10 March 2011

It is Always the Media's Fault


Last summer NCAR issued a dramatic press release announcing that oil from the Gulf spill would soon be appearing on the beaches of the Atlantic ocean.  I discussed it here.

Here are the first four paragraphs of that press release:
BOULDER—A detailed computer modeling study released today indicates that oil from the massive spill in the Gulf of Mexico might soon extend along thousands of miles of the Atlantic coast and open ocean as early as this summer. The modeling results are captured in a series of dramatic animations produced by the National Center for Atmospheric Research (NCAR) and collaborators.

The research was supported in part by the National Science Foundation, NCAR’s sponsor. The results were reviewed by scientists at NCAR and elsewhere, although not yet submitted for peer-review publication.

“I’ve had a lot of people ask me, ‘Will the oil reach Florida?’” says NCAR scientist Synte Peacock, who worked on the study. “Actually, our best knowledge says the scope of this environmental disaster is likely to reach far beyond Florida, with impacts that have yet to be understood.”

The computer simulations indicate that, once the oil in the uppermost ocean has become entrained in the Gulf of Mexico’s fast-moving Loop Current, it is likely to reach Florida's Atlantic coast within weeks. It can then move north as far as about Cape Hatteras, North Carolina, with the Gulf Stream, before turning east. Whether the oil will be a thin film on the surface or mostly subsurface due to mixing in the uppermost region of the ocean is not known.
A few weeks ago NCAR's David Hosansky who presumably wrote that press release, asks whether NCAR got it wrong.  His answer?  No, not really:
During last year’s crisis involving the massive release of oil into the Gulf of Mexico, NCAR issued a much-watched animation projecting that the oil could reach the Atlantic Ocean. But detectable amounts of oil never made it to the Atlantic, at least not in an easily visible form on the ocean surface. Not surprisingly, we’ve heard from a few people asking whether NCAR got it wrong.

These events serve as a healthy reminder of a couple of things:

*the difference between a projection and an actual forecast
*the challenges of making short-term projections of natural processes that can act chaotically, such as ocean currents
What then went wrong?
First, the projection. Scientists from NCAR, the Department of Energy’s Los Alamos National Laboratory, and IFM-GEOMAR in Germany did not make a forecast of where the oil would go. Instead, they issued a projection. While there’s not always a clear distinction between the two, forecasts generally look only days or hours into the future and are built mostly on known elements (such as the current amount of humidity in the atmosphere). Projections tend to look further into the future and deal with a higher number of uncertainties (such as the rate at which oil degrades in open waters and the often chaotic movements of ocean currents).

Aware of the uncertainties, the scientific team projected the likely path of the spill with a computer model of a liquid dye. They used dye rather than actual oil, which undergoes bacterial breakdown, because a reliable method to simulate that breakdown was not available.
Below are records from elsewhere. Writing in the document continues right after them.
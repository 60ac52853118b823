ghost use Rattle.std.specs.Prelude.{◌≡◌, ◌≤◌, length, is_ok, IfOk, IfSome, Ok};
ghost use Rattle.bay_host.specs.Host.{Counts};

use crate::open_folder::OpenFolder;
use bay_core::{Failed, FileInfo};
use std::alloc::Global;
use std::fs::{File, Files};
use std::io;
use std::marker::Model;

/// A folder that was attached, seen as how often a call on it failed.
#[derive(Drop)]
pub struct HostDrive {
    folder: OpenFolder,
    faults: u64,
}

impl Model for HostDrive {
    ghost use Rattle.std.specs.Prelude.{ℕ};

    ghost Value = { ℕ };

    ghost view = { λ d. d.faults };
}

/// Counts a failed call.
pub fn counted<T>(faults: &mut u64, outcome: io::Result<T>) -> Result<T, Failed>
    ensures counts { Counts (is_ok result) faults.old faults.new }
    ensures same { IfOk result (λ x. outcome ≡ Ok x) }
    ensures both { is_ok result ≡ is_ok outcome }
{
    match outcome {
        Ok(value) => Ok(value),
        Err(_) => {
            *faults = faults.saturating_add(1);
            Err(Failed)
        }
    }
}

impl HostDrive {
    /// A folder on which no call failed yet.
    pub fn new(folder: OpenFolder) -> HostDrive
        ensures { result ≡ 0 }
    {
        HostDrive { folder, faults: 0 }
    }

    /// Every file below the folder.
    pub fn list<R: Files + AllocGlobal + Clone + Drop>(
        &mut self,
        rt: &R,
        alloc: Global,
    ) -> Result<Vec<FileInfo>, Failed>
        ensures { Counts (is_ok result) self.old self.new }
    {
        let outcome = self.folder.list(rt, alloc);
        counted(&mut self.faults, outcome)
    }

    /// Reads at a place. `None` where there is no such file.
    pub fn read<R: Files<File = File> + AllocGlobal>(
        &mut self,
        rt: &R,
        path: &str,
        at: u64,
        into: &mut [u8],
    ) -> Result<Option<usize>, Failed>
        ensures counts { Counts (is_ok result) self.old self.new }
        ensures bound { IfOk result (λ got. IfSome got (λ n. n ≤ length into.new)) }
    {
        let outcome = self.folder.read(rt, path, at, into);
        counted(&mut self.faults, outcome)
    }

    /// Reads at a place of a file that must be there.
    pub fn read_present<R: Files<File = File> + AllocGlobal>(
        &mut self,
        rt: &R,
        path: &str,
        at: u64,
        into: &mut [u8],
    ) -> Result<usize, Failed>
        ensures counts { Counts (is_ok result) self.old self.new }
        ensures bound { IfOk result (λ n. n ≤ length into.new) }
    {
        let outcome = self.folder.read_present(rt, path, at, into);
        counted(&mut self.faults, outcome)
    }

    /// Writes a piece. Makes the file and its folders where they are absent.
    pub fn write<R: Files<File = File> + AllocGlobal>(
        &mut self,
        rt: &R,
        path: &str,
        at: u64,
        bytes: &[u8],
    ) -> Result<(), Failed>
        ensures { Counts (is_ok result) self.old self.new }
    {
        let outcome = self.folder.write(rt, path, at, bytes);
        counted(&mut self.faults, outcome)
    }

    /// Makes sure of all that changed since the last time that this answered Ok.
    pub fn sync<R: Files<File = File> + AllocGlobal>(&mut self, rt: &R) -> Result<(), Failed>
        ensures { Counts (is_ok result) self.old self.new }
    {
        let outcome = self.folder.sync(rt);
        counted(&mut self.faults, outcome)
    }

    /// Renames a file that is there.
    pub fn rename<R: Files + AllocGlobal>(
        &mut self,
        rt: &R,
        from: &str,
        to: &str,
    ) -> Result<(), Failed>
        ensures { Counts (is_ok result) self.old self.new }
    {
        let outcome = self.folder.rename(rt, from, to);
        counted(&mut self.faults, outcome)
    }

    /// Removes a file. Where there is none, nothing changes.
    pub fn remove<R: Files + AllocGlobal>(&mut self, rt: &R, path: &str) -> Result<(), Failed>
        ensures { Counts (is_ok result) self.old self.new }
    {
        let outcome = self.folder.remove(rt, path);
        counted(&mut self.faults, outcome)
    }
}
As it turned out, the oil in the Gulf broke down quickly due to exceptionally strong bacterial action and, to some extent, the use of chemical dispersants.

Second, the challenges of short-term behavior. The Gulf's Loop Current acts as a conveyor belt, moving from the Yucatan through the Florida Straits into the Atlantic. Usually, the current curves northward near the Louisiana and Mississippi coasts—a configuration that would have put it on track to pick up the oil and transport it into open ocean. However, the current’s short-term movements over a few weeks or even months are chaotic and impossible to predict. Sometimes small eddies, or mini-currents, peel off, shifting the position and strength of the main current.

To determine the threat to the Atlantic, the research team studied averages of the Loop Current’s past behavior in order to simulate its likely course after the spill and ran several dozen computer simulations under various scenarios. Fortunately for the East Coast, the Loop Current did not behave in its usual fashion but instead remained farther south than usual, which kept it far from the Louisiana and Mississippi coast during the crucial few months before the oil degraded and/or was dispersed with chemical treatments.

The Loop Current typically goes into a southern configuration about every 6 to 19 months, although it rarely remains there for very long. NCAR scientist Synte Peacock, who worked on the projection, explains that part of the reason the current is unpredictable is “no two cycles of the Loop Current are ever exactly the same." She adds that the cycles are influenced by such variables as how large the eddy is, where the current detaches and moves south, and how long it takes for the current to reform.

Computer models can simulate the currents realistically, she adds. But they cannot predict when the currents will change over to a new cycle.

The scientists were careful to explain that their simulations were a suite of possible trajectories demonstrating what was likely to happen, but not a definitive forecast of what would happen. They reiterated that point in a peer-reviewed study on the simulations that appeared last August in Environmental Research Letters. 
So who was at fault?  According to Hosansky it was those dummies in the media:
These caveats, however, got lost in much of the resulting media coverage.
Another perspective is that having some of these caveats in the press release might have been a good idea.